• Problem description
Look through the entries below and return all lines including the word "Prelude".

• Data listing
☆ ☆ ☆
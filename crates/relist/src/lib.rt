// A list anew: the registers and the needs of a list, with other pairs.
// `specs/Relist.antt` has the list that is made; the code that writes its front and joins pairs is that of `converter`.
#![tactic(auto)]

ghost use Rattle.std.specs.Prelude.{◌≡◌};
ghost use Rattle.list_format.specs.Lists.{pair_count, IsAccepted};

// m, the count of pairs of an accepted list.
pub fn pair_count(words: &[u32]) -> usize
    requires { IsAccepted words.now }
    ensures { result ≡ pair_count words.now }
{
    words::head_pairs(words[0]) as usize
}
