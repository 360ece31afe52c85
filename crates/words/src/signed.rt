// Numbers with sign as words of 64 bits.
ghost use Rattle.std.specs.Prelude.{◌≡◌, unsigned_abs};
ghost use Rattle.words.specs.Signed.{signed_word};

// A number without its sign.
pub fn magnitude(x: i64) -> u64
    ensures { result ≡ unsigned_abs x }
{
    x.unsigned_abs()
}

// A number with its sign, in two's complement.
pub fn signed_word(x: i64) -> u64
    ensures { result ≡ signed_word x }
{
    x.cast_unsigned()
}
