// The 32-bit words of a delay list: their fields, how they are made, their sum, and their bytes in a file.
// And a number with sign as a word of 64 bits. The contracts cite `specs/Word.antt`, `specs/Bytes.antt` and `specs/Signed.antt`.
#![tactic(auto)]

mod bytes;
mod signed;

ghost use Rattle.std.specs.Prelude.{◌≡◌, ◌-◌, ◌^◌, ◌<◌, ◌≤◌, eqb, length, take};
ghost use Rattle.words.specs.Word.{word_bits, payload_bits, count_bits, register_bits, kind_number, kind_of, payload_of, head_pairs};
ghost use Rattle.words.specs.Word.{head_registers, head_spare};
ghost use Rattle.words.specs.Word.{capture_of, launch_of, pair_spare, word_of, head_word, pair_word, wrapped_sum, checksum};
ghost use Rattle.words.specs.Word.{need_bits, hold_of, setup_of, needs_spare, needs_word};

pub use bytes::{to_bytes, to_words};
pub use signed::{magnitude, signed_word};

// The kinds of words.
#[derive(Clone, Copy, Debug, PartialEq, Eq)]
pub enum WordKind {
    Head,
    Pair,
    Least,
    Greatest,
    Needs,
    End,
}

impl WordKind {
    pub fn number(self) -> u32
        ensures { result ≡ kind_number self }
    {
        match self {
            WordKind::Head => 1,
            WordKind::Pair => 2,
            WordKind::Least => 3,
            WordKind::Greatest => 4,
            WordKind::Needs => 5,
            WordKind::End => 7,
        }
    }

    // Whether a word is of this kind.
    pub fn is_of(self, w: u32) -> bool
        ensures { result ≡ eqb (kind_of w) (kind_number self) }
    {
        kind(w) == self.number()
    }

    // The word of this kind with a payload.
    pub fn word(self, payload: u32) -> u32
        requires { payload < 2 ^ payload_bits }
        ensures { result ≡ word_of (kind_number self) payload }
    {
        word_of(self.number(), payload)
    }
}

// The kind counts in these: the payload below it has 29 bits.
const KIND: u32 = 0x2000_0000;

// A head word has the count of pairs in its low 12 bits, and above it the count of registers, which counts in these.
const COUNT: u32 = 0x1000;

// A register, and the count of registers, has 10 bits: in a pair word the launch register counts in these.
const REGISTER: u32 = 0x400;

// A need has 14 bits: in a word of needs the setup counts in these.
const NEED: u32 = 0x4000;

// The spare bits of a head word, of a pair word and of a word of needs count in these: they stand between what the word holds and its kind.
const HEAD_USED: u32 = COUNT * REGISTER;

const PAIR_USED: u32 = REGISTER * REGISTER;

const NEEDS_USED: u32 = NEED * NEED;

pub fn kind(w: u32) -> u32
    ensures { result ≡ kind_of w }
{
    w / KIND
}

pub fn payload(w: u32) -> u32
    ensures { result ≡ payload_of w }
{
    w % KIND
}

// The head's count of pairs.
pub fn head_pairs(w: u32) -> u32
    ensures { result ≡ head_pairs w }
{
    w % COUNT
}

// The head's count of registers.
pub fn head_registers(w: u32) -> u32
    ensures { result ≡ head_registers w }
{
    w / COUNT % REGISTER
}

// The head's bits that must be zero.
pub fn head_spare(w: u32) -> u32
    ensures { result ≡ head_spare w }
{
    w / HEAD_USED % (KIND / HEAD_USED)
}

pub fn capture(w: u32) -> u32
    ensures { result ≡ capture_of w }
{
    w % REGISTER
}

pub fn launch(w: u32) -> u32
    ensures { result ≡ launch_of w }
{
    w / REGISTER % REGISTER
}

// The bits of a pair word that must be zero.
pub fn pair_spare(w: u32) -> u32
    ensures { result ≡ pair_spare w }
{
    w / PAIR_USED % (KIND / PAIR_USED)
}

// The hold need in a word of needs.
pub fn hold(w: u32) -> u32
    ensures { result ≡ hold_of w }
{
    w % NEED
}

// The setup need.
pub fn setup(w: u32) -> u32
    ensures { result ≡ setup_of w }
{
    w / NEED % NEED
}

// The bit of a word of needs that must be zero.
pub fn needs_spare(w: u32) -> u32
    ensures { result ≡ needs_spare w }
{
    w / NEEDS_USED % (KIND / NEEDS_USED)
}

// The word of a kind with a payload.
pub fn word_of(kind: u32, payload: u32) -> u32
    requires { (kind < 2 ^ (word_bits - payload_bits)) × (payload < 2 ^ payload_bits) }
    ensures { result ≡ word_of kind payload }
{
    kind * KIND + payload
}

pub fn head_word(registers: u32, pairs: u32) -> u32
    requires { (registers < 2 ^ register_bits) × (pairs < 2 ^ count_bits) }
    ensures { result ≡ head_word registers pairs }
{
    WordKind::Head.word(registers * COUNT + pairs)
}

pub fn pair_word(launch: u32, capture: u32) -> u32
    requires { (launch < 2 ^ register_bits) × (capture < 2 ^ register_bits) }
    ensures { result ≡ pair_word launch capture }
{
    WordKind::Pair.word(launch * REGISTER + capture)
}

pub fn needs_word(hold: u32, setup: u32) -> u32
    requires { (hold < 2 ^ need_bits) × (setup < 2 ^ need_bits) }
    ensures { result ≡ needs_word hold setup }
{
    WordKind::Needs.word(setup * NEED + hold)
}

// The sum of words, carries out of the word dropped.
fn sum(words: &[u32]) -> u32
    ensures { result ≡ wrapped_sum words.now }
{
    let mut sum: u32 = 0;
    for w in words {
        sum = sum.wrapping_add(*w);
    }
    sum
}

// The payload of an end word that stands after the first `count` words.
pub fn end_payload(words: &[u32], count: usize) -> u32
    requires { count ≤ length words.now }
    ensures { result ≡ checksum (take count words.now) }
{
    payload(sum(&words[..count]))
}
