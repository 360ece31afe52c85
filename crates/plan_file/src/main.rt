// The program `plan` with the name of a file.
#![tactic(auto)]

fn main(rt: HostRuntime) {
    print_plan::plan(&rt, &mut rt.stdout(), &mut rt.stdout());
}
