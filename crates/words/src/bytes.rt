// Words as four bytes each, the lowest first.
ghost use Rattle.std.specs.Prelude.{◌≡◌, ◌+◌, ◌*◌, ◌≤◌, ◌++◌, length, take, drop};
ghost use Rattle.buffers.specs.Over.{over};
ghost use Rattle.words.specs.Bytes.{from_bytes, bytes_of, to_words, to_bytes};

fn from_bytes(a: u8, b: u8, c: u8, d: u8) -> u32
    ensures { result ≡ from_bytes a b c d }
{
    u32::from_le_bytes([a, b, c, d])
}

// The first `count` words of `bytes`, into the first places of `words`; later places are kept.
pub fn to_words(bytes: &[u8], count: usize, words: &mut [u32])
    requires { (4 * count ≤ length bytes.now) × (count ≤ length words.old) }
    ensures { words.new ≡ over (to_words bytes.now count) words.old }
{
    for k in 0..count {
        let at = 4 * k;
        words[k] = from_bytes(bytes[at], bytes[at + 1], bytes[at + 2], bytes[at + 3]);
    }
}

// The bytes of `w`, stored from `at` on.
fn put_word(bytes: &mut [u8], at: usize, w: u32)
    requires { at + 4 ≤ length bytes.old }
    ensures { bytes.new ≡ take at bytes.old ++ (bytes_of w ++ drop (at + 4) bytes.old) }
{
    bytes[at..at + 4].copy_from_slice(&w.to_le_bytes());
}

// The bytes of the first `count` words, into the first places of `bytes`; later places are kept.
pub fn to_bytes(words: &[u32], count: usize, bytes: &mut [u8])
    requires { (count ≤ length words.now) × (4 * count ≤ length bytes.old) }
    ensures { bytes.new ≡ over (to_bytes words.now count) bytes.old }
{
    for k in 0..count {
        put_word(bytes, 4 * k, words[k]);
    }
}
☆ ☆ ☆
• Response
ghost use Rattle.std.specs.Prelude.{◌≡◌};
ghost use Rattle.std.specs.Prelude.{◌≡◌, unsigned_abs};
ghost use Rattle.std.specs.Prelude.{◌≡◌, ◌-◌, ◌^◌, ◌<◌, ◌≤◌, eqb, length, take};
ghost use Rattle.std.specs.Prelude.{◌≡◌, ◌+◌, ◌*◌, ◌≤◌, ◌++◌, length, take, drop};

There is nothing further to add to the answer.